◆ Task goal ◆
For the entries below, report every line that includes the word "HIGHER".

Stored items

============================================================

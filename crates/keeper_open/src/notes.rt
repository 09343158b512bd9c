// What is kept of recipes until the tables are read.
ghost use Rattle.std.specs.Prelude.{◌≡◌, ◌<◌, ◌^◌, ◌++◌, ◌∷◌, [], ℕ, List, length, map, Some, None, IfOk, OnOk, IfSome, IfNone, if◌then◌else◌};
ghost use Rattle.std.specs.Map.{lookup};
ghost use Rattle.vault_types.specs.declared.Recipe.{Recipe as Recipes};
ghost use Rattle.vault_types.specs.Lists.{set_of};
ghost use Rattle.keeper_open.specs.declared.notes.Chunk.{Chunk as Chunks};
ghost use Rattle.keeper_open.specs.declared.notes.RowPlace.{RowPlace as Places};
ghost use Rattle.keeper_open.specs.Reading.{chunk_of_row, same_chunk, placed_rows, number_of, has_chunk, left_of, IsNotAfter, IsLesserOf, AreFirst, ArePlacesBefore, AreBelow, AreNoted};

use keeper_catalog::distinct_ids;
use set_markers::SetMarkers;
use std::alloc::Global;
use std::collections::{BTreeSet, HashMap};
use vault_types::{Fp, Id, Memory, Name, Recipe, Row, TableRow};

/// A chunk in a container, as a row names it.
#[derive(Clone, Copy, Debug, PartialEq, Eq, Hash)]
pub struct Chunk {
    pub fp: Fp,
    pub id: Id,
    pub len: u32,
}

/// A row of a recipe: the recipe's number, and the row's from 0 on.
#[derive(Clone, Copy, Debug, PartialEq, Eq)]
pub struct RowPlace {
    pub number: u64,
    pub row: u32,
}

/// What is kept of the recipes that were read: the markers, the ids that they name, and for each chunk that they name
/// where it is named first.
#[derive(Drop)]
pub struct Notes {
    pub markers: SetMarkers,
    pub ids: BTreeSet<Id>,
    pub places: HashMap<Chunk, RowPlace>,
}

impl Notes {
    pub fn new(alloc: Global) -> Notes
        ensures { AreNoted result [] }
    {
        Notes {
            markers: SetMarkers::new(alloc),
            ids: BTreeSet::new(alloc),
            places: HashMap::new(alloc),
        }
    }
}

/// Notes a recipe.
pub fn note(alloc: Global, notes: &mut Notes, recipe: &Recipe) -> Result<(), Memory>
    requires { length recipe.now.rows < 2 ^ 32 }
    ensures { (before : List Recipes) → AreBelow before (number_of recipe.now) → AreNoted notes.old before
        → OnOk result (AreNoted notes.new (before ++ recipe.now ∷ [])) }
{
    let rows = recipe.rows.as_slice();
    let ids = distinct_ids(alloc, rows)?;
    notes.markers.reserve(ids.len())?;
    notes
        .markers
        .commit(recipe.set, recipe.version, ids.as_slice());
    add_ids(&mut notes.ids, ids.as_slice())?;
    let number = Name::recipe(recipe.set, recipe.version).number;
    add_rows(&mut notes.places, number, rows)?;
    Ok(())
}

fn add_ids(all: &mut BTreeSet<Id>, ids: &[Id]) -> Result<(), Memory>
    ensures { (before : List ℕ) → all.old.keys ≡ set_of before
        → OnOk result (all.new.keys ≡ set_of (before ++ ids.now)) }
{
    for id in ids {
        all.insert(*id)?;
    }
    Ok(())
}

/// The ids of a set, ascending.
pub fn list_of(alloc: Global, ids: &BTreeSet<Id>) -> Result<Vec<Id>, Memory>
    ensures { IfOk result (λ list. list.items ≡ ids.now.keys) }
{
    let mut list = Vec::new(alloc);
    for id in ids {
        list.push(*id)?;
    }
    Ok(list)
}

fn add_rows(places: &mut HashMap<Chunk, RowPlace>, number: u64, rows: &[Row]) -> Result<(), Memory>
    requires { length rows.now < 2 ^ 32 }
    ensures { (before : List (Chunks × Places)) → AreFirst places.old.entries before
        → ArePlacesBefore before (record { number = number; row = 0 })
        → OnOk result (AreFirst places.new.entries (before ++ placed_rows number 0 rows.now)) }
{
    for (at, row) in rows.iter().enumerate() {
        let place = RowPlace {
            number,
            row: at as u32,
        };
        add_row(places, chunk_of(row), place)?;
    }
    Ok(())
}

fn chunk_of(row: &Row) -> Chunk
    ensures { result ≡ chunk_of_row row.now }
{
    Chunk {
        fp: row.fp,
        id: row.id,
        len: row.len,
    }
}

// Keeps the place of a chunk that has none.
fn add_row(
    places: &mut HashMap<Chunk, RowPlace>,
    chunk: Chunk,
    place: RowPlace,
) -> Result<(), Memory>
    ensures { (before : List (Chunks × Places)) → AreFirst places.old.entries before
        → ArePlacesBefore before place
        → OnOk result (AreFirst places.new.entries (before ++ (chunk, place) ∷ [])) }
{
    if !places.contains_key(&chunk) {
        places.insert(chunk, place)?;
    }
    Ok(())
}

/// Takes the chunks out that a table of container `id` has.
pub fn strike(places: &mut HashMap<Chunk, RowPlace>, id: Id, rows: &[TableRow])
    ensures { (k : Chunks)
        → lookup (same_chunk k) places.new.entries
        ≡ left_of (has_chunk id rows.now k) (lookup (same_chunk k) places.old.entries) }
{
    for row in rows {
        let chunk = Chunk {
            fp: row.fp,
            id,
            len: row.len,
        };
        places.remove(&chunk);
    }
}

/// The least place that is left.
pub fn least(places: &HashMap<Chunk, RowPlace>) -> Option<RowPlace>
    ensures none { IfNone result ((k : Chunks) → lookup (same_chunk k) places.now.entries ≡ None) }
    ensures some { IfSome result (λ p. (k : Chunks) × (lookup (same_chunk k) places.now.entries ≡ Some p)) }
    ensures least { IfSome result (λ p. (k : Chunks) (q : Places)
        → lookup (same_chunk k) places.now.entries ≡ Some q → IsNotAfter p q) }
{
    let mut best = None;
    for place in places.values() {
        best = Some(lesser_of(best, *place));
    }
    best
}

fn lesser_of(best: Option<RowPlace>, place: RowPlace) -> RowPlace
    ensures { IsLesserOf best place result }
{
    match best {
        None => place,
        Some(other) => lesser(other, place),
    }
}

fn lesser(a: RowPlace, b: RowPlace) -> RowPlace
    ensures { IsLesserOf (Some a) b result }
{
    if a.number < b.number || (a.number == b.number && a.row <= b.row) {
        a
    } else {
        b
    }
}
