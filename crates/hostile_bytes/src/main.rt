//! Feeds the decoders hostile bytes: every worked blob with each single byte changed to each other value, each cut, each
//! byte added, and under other numbers. Prints how many each blob came to, and any that was taken for a blob.
#![tactic(auto)]

mod blobs;

use crate::blobs::{EMPTY, FLOOR, HIGHER, PLAIN, SECOND, TABLE, THIRD};
use blob_parts::sum_of;
use container_store::decode_table;
use recipe_store::{decode_floor, decode_recipe};
use std::alloc::{AllocError, AllocFailed, Global};
use std::io;
use std::process::ExitCode;
use vault_types::{Memory, Set, Version};

/// There was no memory, or the host refused to print.
#[derive(Drop)]
enum Stop {
    Memory,
    Host,
}

impl From<Memory> for Stop {
    fn from(_: Memory) -> Self {
        Stop::Memory
    }
}

impl From<AllocError> for Stop {
    fn from(_: AllocError) -> Self {
        Stop::Memory
    }
}

impl<T: Drop> From<AllocFailed<T>> for Stop {
    fn from(_: AllocFailed<T>) -> Self {
        Stop::Memory
    }
}

impl From<io::Error> for Stop {
    fn from(_: io::Error) -> Self {
        Stop::Host
    }
}

/// What bytes are read as.
#[derive(Clone, Copy)]
enum As {
    Table(u64),
    Recipe(Set, Version),
    Floor(Set),
}

fn main(rt: HostRuntime) -> ExitCode {
    match run(rt) {
        Ok(()) => ExitCode::SUCCESS,
        Err(_) => ExitCode::FAILURE,
    }
}

fn run(rt: HostRuntime) -> Result<(), Stop> {
    all_of(rt, "table 1", &TABLE, As::Table(1), As::Table(2))?;
    all_of(
        rt,
        "recipe 1, format 1",
        &PLAIN,
        As::Recipe(0, 1),
        As::Recipe(0, 2),
    )?;
    all_of(
        rt,
        "recipe 1, format 2",
        &SECOND,
        As::Recipe(0, 1),
        As::Recipe(1, 1),
    )?;
    all_of(
        rt,
        "recipe 1 of set 3",
        &THIRD,
        As::Recipe(3, 1),
        As::Recipe(4, 1),
    )?;
    all_of(
        rt,
        "recipe of no bytes",
        &EMPTY,
        As::Recipe(0, 1),
        As::Recipe(0, 2),
    )?;
    all_of(rt, "floor 1", &FLOOR, As::Floor(0), As::Floor(1))?;
    all_of(rt, "floor 5 of set 3", &HIGHER, As::Floor(3), As::Floor(4))
}

// Whether the bytes are taken for a blob.
fn is_taken(alloc: Global, bytes: &[u8], kind: As) -> Result<bool, Memory> {
    match kind {
        As::Table(id) => Ok(decode_table(alloc, bytes, id)?.is_some()),
        As::Recipe(set, version) => Ok(decode_recipe(alloc, bytes, set, version)?.is_some()),
        As::Floor(set) => Ok(decode_floor(bytes, set).is_some()),
    }
}

// Reads the blob, and all that is made of it.
fn all_of(rt: HostRuntime, name: &str, blob: &[u8], kind: As, other: As) -> Result<(), Stop> {
    let alloc = rt.alloc();
    let own = is_taken(alloc, blob, kind)?;
    let foreign = is_taken(alloc, blob, other)?;
    let (changed, changed_taken) = each_changed(alloc, blob, kind)?;
    let (cut, cut_taken) = each_cut(alloc, blob, kind)?;
    let (longer, longer_taken) = each_longer(alloc, blob, kind)?;
    let (summed, summed_taken) = each_summed(alloc, blob, kind)?;
    println!(rt;
        "{name}: read {own}, under another number {foreign}; {changed} changed, {cut} cut, {longer} longer: {changed_taken}, {cut_taken} and {longer_taken} taken; with right sums {summed_taken} of {summed}"
    )?;
    Ok(())
}

// Each byte changed to each other value: how many, and how many are taken for a blob.
fn each_changed(alloc: Global, blob: &[u8], kind: As) -> Result<(u64, u64), Stop> {
    let mut bytes = blob.to_vec(alloc)?;
    let mut count = 0u64;
    let mut taken = 0u64;
    for i in 0..blob.len() {
        for value in 0..=255u8 {
            if value != blob[i] {
                change(&mut bytes, i, value);
                count = count.saturating_add(1);
                if is_taken(alloc, bytes.as_slice(), kind)? {
                    taken = taken.saturating_add(1);
                }
            }
        }
        change(&mut bytes, i, blob[i]);
    }
    Ok((count, taken))
}

// Each byte before the sum changed to each other value, and the sum made right. What is taken spells another value: no
// decoder could know that.
fn each_summed(alloc: Global, blob: &[u8], kind: As) -> Result<(u64, u64), Stop> {
    let mut count = 0u64;
    let mut taken = 0u64;
    let set = match kind {
        As::Table(_) => 0,
        As::Recipe(set, _) => set,
        As::Floor(set) => set,
    };
    let mut body = blob[..blob.len().saturating_sub(20)].to_vec(alloc)?;
    for i in 0..body.len() {
        for value in 0..=255u8 {
            if value != blob[i] {
                change(&mut body, i, value);
                let mut bytes = body.as_slice().to_vec(alloc)?;
                bytes.extend_from_slice(&sum_of(body.as_slice(), set))?;
                count = count.saturating_add(1);
                if is_taken(alloc, bytes.as_slice(), kind)? {
                    taken = taken.saturating_add(1);
                }
            }
        }
        change(&mut body, i, blob[i]);
    }
    Ok((count, taken))
}

// Sets a byte, where there is one.
fn change(bytes: &mut Vec<u8>, i: usize, value: u8) {
    if let Some(byte) = bytes.as_mut_slice().get_mut(i) {
        *byte = value;
    }
}

// Each front of the blob.
fn each_cut(alloc: Global, blob: &[u8], kind: As) -> Result<(u64, u64), Stop> {
    let mut count = 0u64;
    let mut taken = 0u64;
    for len in 0..blob.len() {
        count = count.saturating_add(1);
        if is_taken(alloc, &blob[..len], kind)? {
            taken = taken.saturating_add(1);
        }
    }
    Ok((count, taken))
}

// Each byte put in at each place.
fn each_longer(alloc: Global, blob: &[u8], kind: As) -> Result<(u64, u64), Stop> {
    let mut count = 0u64;
    let mut taken = 0u64;
    for at in 0..=blob.len() {
        for value in 0..=255u8 {
            let mut bytes = Vec::with_capacity(alloc, blob.len().saturating_add(1))?;
            bytes.extend_from_slice(&blob[..at])?;
            bytes.push(value)?;
            bytes.extend_from_slice(&blob[at..])?;
            count = count.saturating_add(1);
            if is_taken(alloc, bytes.as_slice(), kind)? {
                taken = taken.saturating_add(1);
            }
        }
    }
    Ok((count, taken))
}
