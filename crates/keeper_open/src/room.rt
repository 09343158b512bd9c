// The names that nothing needs, and the room that later calls find.
ghost use Rattle.std.specs.Prelude.{◌≡◌, ◌≤◌, ◌+◌, ◌-◌, not, length, filter, vec_len, IfOk};
ghost use Rattle.keeper_catalog.specs.Catalog.{memo_of, versions_in, HasRoom};
ghost use Rattle.keeper_open.specs.Reading.{keeps, needs};

use keeper_catalog::{Catalog, SetInfo};
use set_markers::SetMarkers;
use std::alloc::Global;
use std::collections::BTreeMap;
use vault_types::{Id, Kind, Memory, Name, Table};

/// The catalog of what was read.
pub fn catalog_of(
    alloc: Global,
    names: &[Name],
    sets: Vec<SetInfo>,
    tables: BTreeMap<Id, Table>,
    markers: SetMarkers,
) -> Result<Catalog, Memory>
    requires { vec_len sets ≤ 256 }
    ensures parts { IfOk result (λ c. (c.sets ≡ sets) × (c.tables ≡ tables) × (c.markers ≡ markers)) }
    ensures strays { IfOk result
        (λ c. c.strays.items ≡ filter (λ n. not (needs sets.items tables.entries n)) names.now) }
    ensures room { IfOk result (λ c. HasRoom (memo_of c)) }
{
    let mut strays = strays_of(alloc, names, sets.as_slice(), &tables)?;
    let more = tables
        .len()
        .checked_mul(2)
        .ok_or(Memory)?
        .checked_add(versions_in(sets.as_slice()))
        .ok_or(Memory)?;
    strays.reserve(more)?;
    let freed = Vec::with_capacity(alloc, markers.count())?;
    Ok(Catalog {
        sets,
        tables,
        markers,
        strays,
        freed,
    })
}

// How many versions the sets keep.
fn versions_in(sets: &[SetInfo]) -> usize
    requires { length sets.now ≤ 256 }
    ensures { result ≡ versions_in sets.now }
{
    let mut count = 0;
    for set in sets {
        count += versions_of(set);
    }
    count
}

fn versions_of(set: &SetInfo) -> usize
    ensures is { result ≡ set.now.latest + 1 - set.now.floor }
    ensures high { result ≤ 4294967296 }
{
    (set.latest as usize + 1).saturating_sub(set.floor as usize)
}

fn strays_of(
    alloc: Global,
    names: &[Name],
    sets: &[SetInfo],
    tables: &BTreeMap<Id, Table>,
) -> Result<Vec<Name>, Memory>
    ensures { IfOk result
        (λ strays. strays.items ≡ filter (λ n. not (needs sets.now tables.now.entries n)) names.now) }
{
    let mut strays = Vec::new(alloc);
    for name in names {
        if !is_needed(*name, sets, tables) {
            strays.push(*name)?;
        }
    }
    Ok(strays)
}

fn is_needed(name: Name, sets: &[SetInfo], tables: &BTreeMap<Id, Table>) -> bool
    ensures { result ≡ needs sets.now tables.now.entries name }
{
    match name.kind {
        Kind::Table | Kind::Payload => tables.contains_key(&name.number),
        Kind::Recipe => is_kept(name.number, sets),
        Kind::Floor => name.number < 256,
    }
}

// Whether the recipe of this number is that of a kept version.
fn is_kept(number: u64, sets: &[SetInfo]) -> bool
    ensures { result ≡ keeps sets.now number }
{
    let version = number % 4_294_967_296;
    match sets.get((number / 4_294_967_296) as usize) {
        Some(set) => u64::from(set.floor) <= version && version <= u64::from(set.latest),
        None => false,
    }
}
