// The S-box as a table of 256 entries (001 §2.2.6), for every engine that has room for it.
#![tactic(auto)]

pub mod sbox;
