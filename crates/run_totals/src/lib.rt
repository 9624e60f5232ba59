// What the figures of runs add up to: theorems about the definitions of `run_figures` and `run_month`. There is no code here.
#![tactic(auto)]
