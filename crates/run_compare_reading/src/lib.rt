// The reader of two setups and one run: all of it is judged before anything runs. The contracts cite `compared`, whose
// places are counted from the input's start.
#![tactic(auto)]

ghost use Rattle.std.specs.Prelude.{◌≡◌};
ghost use Rattle.rules.specs.Setup.{at_end};
ghost use Rattle.setup_sections.specs.Judging.{judged_of};
ghost use Rattle.run_compare_reading.specs.Compared.{read_events, Judges};

use run_reading::{EVENT, HEAD};
use setup::at_end;
use setup_sections::{Refusal, Shape, Span, judge_section};

// The most events, and the words of each: kind, call and three arguments.
pub const EVENTS: usize = 3000;

pub const WORDS_OF_EVENT: usize = 5;

// More bytes than any input has that is not refused: what stands behind them changes nothing.
pub const INPUT: usize = 2 * HEAD + EVENT * EVENTS;

// Where the second setup begins, and where the count of events stands.
#[derive(Clone, Copy)]
pub struct Places {
    pub second: usize,
    pub events: usize,
}

// ---- the events

// The count of events at an offset, five words for each, and nothing may follow.
fn judge_events(bytes: &[u8], at: usize) -> Result<usize, Refusal>
    ensures { result ≡ judged_of (at_end bytes.now (read_events bytes.now at)) }
{
    let any = Span::new(0, u32::MAX);
    let event = Shape {
        words: WORDS_OF_EVENT as u32,
        first: any,
        others: any,
    };
    at_end(
        bytes.len(),
        judge_section(bytes, Span::new(0, EVENTS as u32), event, at),
    )
}

// ---- the whole

// Two setups and a run.
pub fn judge(bytes: &[u8]) -> Result<Places, Refusal>
    ensures { Judges bytes.now result }
{
    let second = setup::judge(bytes, 0)?;
    let events = setup::judge(bytes, second)?;
    judge_events(bytes, events)?;
    Ok(Places { second, events })
}
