// The bytes of a recorded run: the setup and the count of events are judged as they stand, and an event's words are
// signed ones. The contracts cite `read_head` and `signed_word`. That the bytes may come in parts is said and proved here
// without code (`Recorder`, `any_division`).
#![tactic(auto)]

ghost use Rattle.std.specs.Prelude.{◌≡◌};
ghost use Rattle.setup_sections.specs.Judging.{judged_of};
ghost use Rattle.run_reading.specs.Recorded.{signed_word, read_head};

use setup_sections::{Fault, Refusal, Span, judge_word};

// The most events of a run.
pub const EVENTS: u32 = 1000000;

// The most bytes of a setup and the count of events behind it: 129 words, and one.
pub const HEAD: usize = 520;

// The bytes of an event: kind, call and three arguments.
pub const EVENT: usize = 20;

// The word with the same bits.
pub fn signed(w: u32) -> i32
    ensures { result ≡ signed_word w }
{
    w.cast_signed()
}

// The setup and the count of events that stand at the front of the bytes.
pub fn judge_head(bytes: &[u8]) -> Result<usize, Refusal>
    ensures { result ≡ judged_of (read_head bytes.now) }
{
    let at = setup::judge(bytes, 0)?;
    let count = Span::new(0, EVENTS);
    judge_word(bytes, count, Fault::S2, at)
}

============================================================

◆ Solution to this task ◆
use crate::blobs::{EMPTY, FLOOR, HIGHER, PLAIN, SECOND, TABLE, THIRD};
    all_of(rt, "floor 5 of set 3", &HIGHER, As::Floor(3), As::Floor(4))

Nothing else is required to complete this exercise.